WORK TO BE COMPLETED:
Search term "LoadingSigned": please show all lines in the listing that contain it.

EXERCISE INPUTS:
ghost use Rattle.std.specs.Prelude.{◌≡◌, ℕ, ◌<◌, ◌/◌, ◌%◌};
ghost use Rattle.bpf_words.specs.Opcodes.{arithmetic_of, comparison_of, size_of, computing, branching};
ghost use Rattle.bpf_words.specs.Opcodes.{arithmetic_class, jump_class, wide_class, load_class, store_class};
ghost use Rattle.bpf_words.specs.Opcodes.{register_store_class};

use crate::instruction::{Arithmetic, Comparison, Conversion, SignedSize, Width};
use span_context::size::Size;

/// What an opcode byte names (RFC 9669, sections 3 to 5). `by_register`: the second operand is a register.
/// `LeftOut` is defined there and not taken here (calls, atomic and packet instructions), `Undefined` names nothing.
#[derive(Clone, Copy)]
pub enum Opcode {
    Computing {
        width: Width,
        operation: Arithmetic,
        by_register: bool,
    },
    Negating(Width),
    Converting(Conversion),
    Jumping,
    JumpingLong,
    Branching {
        width: Width,
        comparison: Comparison,
        by_register: bool,
    },
    Loading(Size),
    LoadingSigned(SignedSize),
    Storing {
        size: Size,
        by_register: bool,
    },
    LoadingWide,
    Exiting,
    LeftOut,
    Undefined,
}

fn arithmetic(code: u8) -> Option<Arithmetic>
    ensures { result ≡ arithmetic_of code }
{
    match code {
        0x0 => Some(Arithmetic::Add),
        0x1 => Some(Arithmetic::Sub),
        0x2 => Some(Arithmetic::Mul),
        0x3 => Some(Arithmetic::Div),
        0x4 => Some(Arithmetic::Or),
        0x5 => Some(Arithmetic::And),
        0x6 => Some(Arithmetic::Lsh),
        0x7 => Some(Arithmetic::Rsh),
        0x9 => Some(Arithmetic::Mod),
        0xa => Some(Arithmetic::Xor),
        0xb => Some(Arithmetic::Mov),
        0xc => Some(Arithmetic::Arsh),
        _ => None,
    }
}

fn comparison(code: u8) -> Option<Comparison>
    ensures { result ≡ comparison_of code }
{
    match code {
        0x1 => Some(Comparison::Equal),
        0x2 => Some(Comparison::Greater),
        0x3 => Some(Comparison::GreaterOrEqual),
        0x4 => Some(Comparison::AnyBit),
        0x5 => Some(Comparison::NotEqual),
        0x6 => Some(Comparison::SignedGreater),
        0x7 => Some(Comparison::SignedGreaterOrEqual),
        0xa => Some(Comparison::Less),
        0xb => Some(Comparison::LessOrEqual),
        0xc => Some(Comparison::SignedLess),
        0xd => Some(Comparison::SignedLessOrEqual),
        _ => None,
    }
}

fn size(modifier: u8) -> Size
    ensures { result ≡ size_of modifier }
{
    match modifier {
        0 => Size::Word,
        1 => Size::Half,
        2 => Size::Byte,
        _ => Size::Double,
    }
}

fn computing_by(width: Width, by_register: bool, code: u8) -> Opcode
    ensures { result ≡ computing width by_register (arithmetic_of code) }
{
    match arithmetic(code) {
        Some(operation) => Opcode::Computing {
            width,
            operation,
            by_register,
        },
        None => Opcode::Undefined,
    }
}

fn branching_by(width: Width, by_register: bool, code: u8) -> Opcode
    ensures { result ≡ branching width by_register (comparison_of code) }
{
    match comparison(code) {
        Some(comparison) => Opcode::Branching {
            width,
            comparison,
            by_register,
        },
        None => Opcode::Undefined,
    }
}

fn in_arithmetic_class(width: Width, by_register: bool, code: u8) -> Opcode
    ensures { result ≡ arithmetic_class width by_register code }
{
    match (code, width, by_register) {
        (0x8, _, false) => Opcode::Negating(width),
        (0xd, Width::Narrow, false) => Opcode::Converting(Conversion::ToLittleEndian),
        (0xd, Width::Narrow, true) => Opcode::Converting(Conversion::ToBigEndian),
        (0xd, Width::Full, false) => Opcode::Converting(Conversion::Swap),
        _ => computing_by(width, by_register, code),
    }
}

fn in_jump_class(width: Width, by_register: bool, code: u8) -> Opcode
    ensures { result ≡ jump_class width by_register code }
{
    match (code, width, by_register) {
        (0x0, Width::Full, false) => Opcode::Jumping,
        (0x0, Width::Narrow, false) => Opcode::JumpingLong,
        (0x8, Width::Full, false) => Opcode::LeftOut,
        (0x9, Width::Full, false) => Opcode::Exiting,
        _ => branching_by(width, by_register, code),
    }
}

fn in_wide_class(mode: u8, modifier: u8) -> Opcode
    ensures { result ≡ wide_class mode modifier }
{
    match (mode, modifier) {
        (0, 3) => Opcode::LoadingWide,
        (1 | 2, 0 | 1 | 2) => Opcode::LeftOut,
        _ => Opcode::Undefined,
    }
}

fn in_load_class(mode: u8, modifier: u8) -> Opcode
    ensures { result ≡ load_class mode modifier }
{
    match (mode, modifier) {
        (3, _) => Opcode::Loading(size(modifier)),
        (4, 0) => Opcode::LoadingSigned(SignedSize::SignedWord),
        (4, 1) => Opcode::LoadingSigned(SignedSize::SignedHalf),
        (4, 2) => Opcode::LoadingSigned(SignedSize::SignedByte),
        _ => Opcode::Undefined,
    }
}

fn in_store_class(mode: u8, modifier: u8) -> Opcode
    ensures { result ≡ store_class mode modifier }
{
    if mode == 3 {
        Opcode::Storing {
            size: size(modifier),
            by_register: false,
        }
    } else {
        Opcode::Undefined
    }
}

fn in_register_store_class(mode: u8, modifier: u8) -> Opcode
    ensures { result ≡ register_store_class mode modifier }
{
    match (mode, modifier) {
        (3, _) => Opcode::Storing {
            size: size(modifier),
            by_register: true,
        },
        (6, 0 | 3) => Opcode::LeftOut,
        _ => Opcode::Undefined,
    }
}

impl Opcode {
    ghost use Rattle.bpf_words.specs.Opcodes.{opcode_of};
    ghost use Rattle.bpf_words.specs.RoundTrip.{IsByteOf};
    ghost use Rattle.bpf_words.specs.Table.{IsMapped};

    fn in_its_class(byte: u8) -> Opcode
        ensures { result ≡ opcode_of byte }
    {
        let code = byte / 16;
        let by_register = byte / 8 % 2 == 1;
        let mode = byte / 32;
        let modifier = byte / 8 % 4;
        match byte % 8 {
            0 => in_wide_class(mode, modifier),
            1 => in_load_class(mode, modifier),
            2 => in_store_class(mode, modifier),
            3 => in_register_store_class(mode, modifier),
            4 => in_arithmetic_class(Width::Narrow, by_register, code),
            5 => in_jump_class(Width::Full, by_register, code),
            6 => in_jump_class(Width::Narrow, by_register, code),
            _ => in_arithmetic_class(Width::Full, by_register, code),
        }
    }

    /// The opcode of a byte.
    pub fn new(byte: u8) -> Opcode
        ensures value { result ≡ opcode_of byte }
        ensures mapped { IsMapped byte result }
        ensures byte { IsByteOf byte result }
    {
        Opcode::in_its_class(byte)
    }
}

ANSWER SECTION:
    LoadingSigned(SignedSize),
        (4, 0) => Opcode::LoadingSigned(SignedSize::SignedWord),
        (4, 1) => Opcode::LoadingSigned(SignedSize::SignedHalf),
        (4, 2) => Opcode::LoadingSigned(SignedSize::SignedByte),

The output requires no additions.